Up to and including the line with "pub struct Unit", restate the material below word for word, beginning with its first line.

'''

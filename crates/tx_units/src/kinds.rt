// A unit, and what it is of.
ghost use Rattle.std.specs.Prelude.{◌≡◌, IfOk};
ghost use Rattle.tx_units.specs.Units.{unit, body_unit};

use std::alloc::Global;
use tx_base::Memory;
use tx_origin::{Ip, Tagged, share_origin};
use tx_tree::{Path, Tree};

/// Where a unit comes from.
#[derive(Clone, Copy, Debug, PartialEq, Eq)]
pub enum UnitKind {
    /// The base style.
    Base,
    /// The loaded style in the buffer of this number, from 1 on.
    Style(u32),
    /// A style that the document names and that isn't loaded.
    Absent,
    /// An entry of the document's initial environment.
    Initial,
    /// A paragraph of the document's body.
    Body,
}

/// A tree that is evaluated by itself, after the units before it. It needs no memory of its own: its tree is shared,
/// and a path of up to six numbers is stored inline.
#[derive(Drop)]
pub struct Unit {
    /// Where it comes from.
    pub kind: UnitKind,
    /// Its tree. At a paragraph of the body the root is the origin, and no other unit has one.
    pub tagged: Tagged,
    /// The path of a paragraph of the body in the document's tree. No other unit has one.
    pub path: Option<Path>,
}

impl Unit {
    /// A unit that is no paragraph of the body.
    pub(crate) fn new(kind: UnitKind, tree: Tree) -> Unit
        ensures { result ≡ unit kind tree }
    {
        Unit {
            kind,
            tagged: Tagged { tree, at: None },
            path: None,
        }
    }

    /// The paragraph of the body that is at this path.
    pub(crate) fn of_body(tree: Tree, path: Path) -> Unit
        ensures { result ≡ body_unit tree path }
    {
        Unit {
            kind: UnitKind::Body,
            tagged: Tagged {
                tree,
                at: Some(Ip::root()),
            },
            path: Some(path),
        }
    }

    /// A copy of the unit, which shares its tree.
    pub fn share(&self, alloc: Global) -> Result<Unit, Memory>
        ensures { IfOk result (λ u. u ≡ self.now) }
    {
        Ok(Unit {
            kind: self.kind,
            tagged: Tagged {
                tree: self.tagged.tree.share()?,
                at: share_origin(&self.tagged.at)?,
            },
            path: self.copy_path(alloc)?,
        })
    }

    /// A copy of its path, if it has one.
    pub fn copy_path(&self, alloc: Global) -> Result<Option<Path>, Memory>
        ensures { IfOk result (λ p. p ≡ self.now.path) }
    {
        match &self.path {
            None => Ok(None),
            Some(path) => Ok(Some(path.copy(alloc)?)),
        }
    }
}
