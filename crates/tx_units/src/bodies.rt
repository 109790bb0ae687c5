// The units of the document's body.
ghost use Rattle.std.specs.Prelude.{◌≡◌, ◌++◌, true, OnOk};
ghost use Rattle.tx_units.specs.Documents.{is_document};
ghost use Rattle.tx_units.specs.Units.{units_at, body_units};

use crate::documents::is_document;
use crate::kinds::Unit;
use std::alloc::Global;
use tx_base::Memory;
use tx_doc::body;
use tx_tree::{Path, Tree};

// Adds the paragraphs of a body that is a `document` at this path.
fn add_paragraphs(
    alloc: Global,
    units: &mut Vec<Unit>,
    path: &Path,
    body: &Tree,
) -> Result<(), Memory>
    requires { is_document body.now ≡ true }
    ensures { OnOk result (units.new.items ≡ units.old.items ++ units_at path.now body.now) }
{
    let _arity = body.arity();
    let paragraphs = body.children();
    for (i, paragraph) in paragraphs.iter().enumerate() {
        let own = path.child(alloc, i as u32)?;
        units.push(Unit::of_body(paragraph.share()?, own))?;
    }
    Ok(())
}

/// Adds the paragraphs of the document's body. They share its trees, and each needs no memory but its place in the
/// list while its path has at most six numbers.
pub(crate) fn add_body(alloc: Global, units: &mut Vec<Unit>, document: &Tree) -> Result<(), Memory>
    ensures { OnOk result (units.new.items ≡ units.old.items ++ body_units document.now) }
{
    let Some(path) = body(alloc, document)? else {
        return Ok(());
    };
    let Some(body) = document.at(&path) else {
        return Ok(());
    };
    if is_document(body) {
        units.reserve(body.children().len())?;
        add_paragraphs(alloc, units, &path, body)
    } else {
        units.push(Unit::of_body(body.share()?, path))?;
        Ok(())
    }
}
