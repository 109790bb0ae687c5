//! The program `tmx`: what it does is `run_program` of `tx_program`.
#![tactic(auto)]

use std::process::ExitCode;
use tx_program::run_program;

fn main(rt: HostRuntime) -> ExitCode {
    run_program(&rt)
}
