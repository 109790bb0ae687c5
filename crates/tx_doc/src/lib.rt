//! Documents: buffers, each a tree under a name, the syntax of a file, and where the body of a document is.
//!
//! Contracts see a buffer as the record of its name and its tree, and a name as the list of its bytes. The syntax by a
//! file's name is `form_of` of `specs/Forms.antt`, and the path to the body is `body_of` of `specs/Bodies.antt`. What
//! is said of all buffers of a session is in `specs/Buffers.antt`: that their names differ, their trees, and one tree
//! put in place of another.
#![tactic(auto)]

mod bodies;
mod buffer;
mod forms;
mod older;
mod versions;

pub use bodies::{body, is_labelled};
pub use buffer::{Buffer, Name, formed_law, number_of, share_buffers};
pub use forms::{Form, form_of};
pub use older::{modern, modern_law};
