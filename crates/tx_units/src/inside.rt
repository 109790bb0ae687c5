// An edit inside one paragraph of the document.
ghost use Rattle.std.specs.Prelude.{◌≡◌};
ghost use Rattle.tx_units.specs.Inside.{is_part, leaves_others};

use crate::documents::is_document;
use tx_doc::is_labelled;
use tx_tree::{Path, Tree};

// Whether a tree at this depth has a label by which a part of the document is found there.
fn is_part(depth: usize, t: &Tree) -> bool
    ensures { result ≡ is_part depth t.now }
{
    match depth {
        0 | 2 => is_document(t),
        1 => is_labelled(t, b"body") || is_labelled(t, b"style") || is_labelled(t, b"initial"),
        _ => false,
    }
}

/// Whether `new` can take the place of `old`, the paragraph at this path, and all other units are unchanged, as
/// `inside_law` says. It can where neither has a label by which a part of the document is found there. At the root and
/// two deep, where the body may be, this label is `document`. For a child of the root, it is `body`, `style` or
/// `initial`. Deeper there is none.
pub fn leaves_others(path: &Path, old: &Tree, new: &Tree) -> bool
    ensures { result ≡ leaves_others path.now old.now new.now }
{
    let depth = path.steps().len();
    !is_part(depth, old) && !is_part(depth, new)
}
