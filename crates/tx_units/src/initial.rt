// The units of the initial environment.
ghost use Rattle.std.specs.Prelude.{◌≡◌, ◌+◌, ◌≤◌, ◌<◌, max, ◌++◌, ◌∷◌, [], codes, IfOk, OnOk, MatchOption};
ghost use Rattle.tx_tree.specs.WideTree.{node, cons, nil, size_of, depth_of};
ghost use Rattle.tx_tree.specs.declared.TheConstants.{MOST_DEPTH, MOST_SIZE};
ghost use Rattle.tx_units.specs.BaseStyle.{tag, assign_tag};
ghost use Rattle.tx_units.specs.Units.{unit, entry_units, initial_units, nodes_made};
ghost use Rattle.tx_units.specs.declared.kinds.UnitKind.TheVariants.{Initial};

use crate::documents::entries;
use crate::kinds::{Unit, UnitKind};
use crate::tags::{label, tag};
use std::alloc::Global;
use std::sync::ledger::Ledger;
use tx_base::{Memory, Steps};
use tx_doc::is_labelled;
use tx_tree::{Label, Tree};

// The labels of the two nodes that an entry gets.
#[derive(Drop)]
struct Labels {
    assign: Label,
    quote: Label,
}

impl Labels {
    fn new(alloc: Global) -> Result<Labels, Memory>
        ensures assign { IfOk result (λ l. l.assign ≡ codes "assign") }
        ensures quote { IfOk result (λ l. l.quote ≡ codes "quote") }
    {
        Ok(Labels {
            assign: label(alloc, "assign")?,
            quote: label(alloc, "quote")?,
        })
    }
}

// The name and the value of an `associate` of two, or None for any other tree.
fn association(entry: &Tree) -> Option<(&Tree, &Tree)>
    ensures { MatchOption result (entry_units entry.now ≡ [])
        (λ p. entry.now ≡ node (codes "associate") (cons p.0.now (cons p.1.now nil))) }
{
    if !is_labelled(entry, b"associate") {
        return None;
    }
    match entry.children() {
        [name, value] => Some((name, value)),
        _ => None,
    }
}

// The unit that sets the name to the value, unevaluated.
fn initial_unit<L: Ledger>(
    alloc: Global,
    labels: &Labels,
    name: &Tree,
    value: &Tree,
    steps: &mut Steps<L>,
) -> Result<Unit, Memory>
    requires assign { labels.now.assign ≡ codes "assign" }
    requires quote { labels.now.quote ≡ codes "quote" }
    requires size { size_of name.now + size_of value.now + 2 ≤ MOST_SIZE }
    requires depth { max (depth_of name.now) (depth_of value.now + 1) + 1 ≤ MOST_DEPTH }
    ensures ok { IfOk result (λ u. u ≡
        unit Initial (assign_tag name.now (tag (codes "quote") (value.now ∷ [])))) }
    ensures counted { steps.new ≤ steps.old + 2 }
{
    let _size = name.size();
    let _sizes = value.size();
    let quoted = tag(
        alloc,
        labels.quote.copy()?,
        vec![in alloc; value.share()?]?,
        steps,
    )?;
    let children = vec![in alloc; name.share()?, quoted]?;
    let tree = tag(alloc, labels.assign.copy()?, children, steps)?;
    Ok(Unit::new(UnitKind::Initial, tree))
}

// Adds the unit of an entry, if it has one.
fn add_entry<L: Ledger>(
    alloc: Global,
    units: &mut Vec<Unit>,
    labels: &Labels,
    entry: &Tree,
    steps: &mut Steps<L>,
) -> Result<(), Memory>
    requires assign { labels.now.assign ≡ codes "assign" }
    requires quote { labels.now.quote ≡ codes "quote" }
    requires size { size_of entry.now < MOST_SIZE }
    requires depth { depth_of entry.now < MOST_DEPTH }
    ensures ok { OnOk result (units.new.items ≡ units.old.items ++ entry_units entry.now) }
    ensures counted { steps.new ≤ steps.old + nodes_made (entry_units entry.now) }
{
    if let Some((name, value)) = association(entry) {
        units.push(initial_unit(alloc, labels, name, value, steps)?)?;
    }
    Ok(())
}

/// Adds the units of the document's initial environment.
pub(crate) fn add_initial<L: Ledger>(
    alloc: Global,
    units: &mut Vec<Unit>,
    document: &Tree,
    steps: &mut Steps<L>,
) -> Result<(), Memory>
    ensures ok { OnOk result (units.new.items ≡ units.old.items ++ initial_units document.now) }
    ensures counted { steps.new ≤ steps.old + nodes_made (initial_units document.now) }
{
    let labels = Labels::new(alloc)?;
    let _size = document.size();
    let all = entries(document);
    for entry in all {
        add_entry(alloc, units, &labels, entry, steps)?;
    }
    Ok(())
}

'''

Reply:
filename crates/tx_units/src/kinds.rt
// A unit, and what it is of.
ghost use Rattle.std.specs.Prelude.{◌≡◌, IfOk};
ghost use Rattle.tx_units.specs.Units.{unit, body_unit};

use std::alloc::Global;
use tx_base::Memory;
use tx_origin::{Ip, Tagged, share_origin};
use tx_tree::{Path, Tree};

/// Where a unit comes from.
#[derive(Clone, Copy, Debug, PartialEq, Eq)]
pub enum UnitKind {
    /// The base style.
    Base,
    /// The loaded style in the buffer of this number, from 1 on.
    Style(u32),
    /// A style that the document names and that isn't loaded.
    Absent,
    /// An entry of the document's initial environment.
    Initial,
    /// A paragraph of the document's body.
    Body,
}

/// A tree that is evaluated by itself, after the units before it. It needs no memory of its own: its tree is shared,
/// and a path of up to six numbers is stored inline.
#[derive(Drop)]
pub struct Unit {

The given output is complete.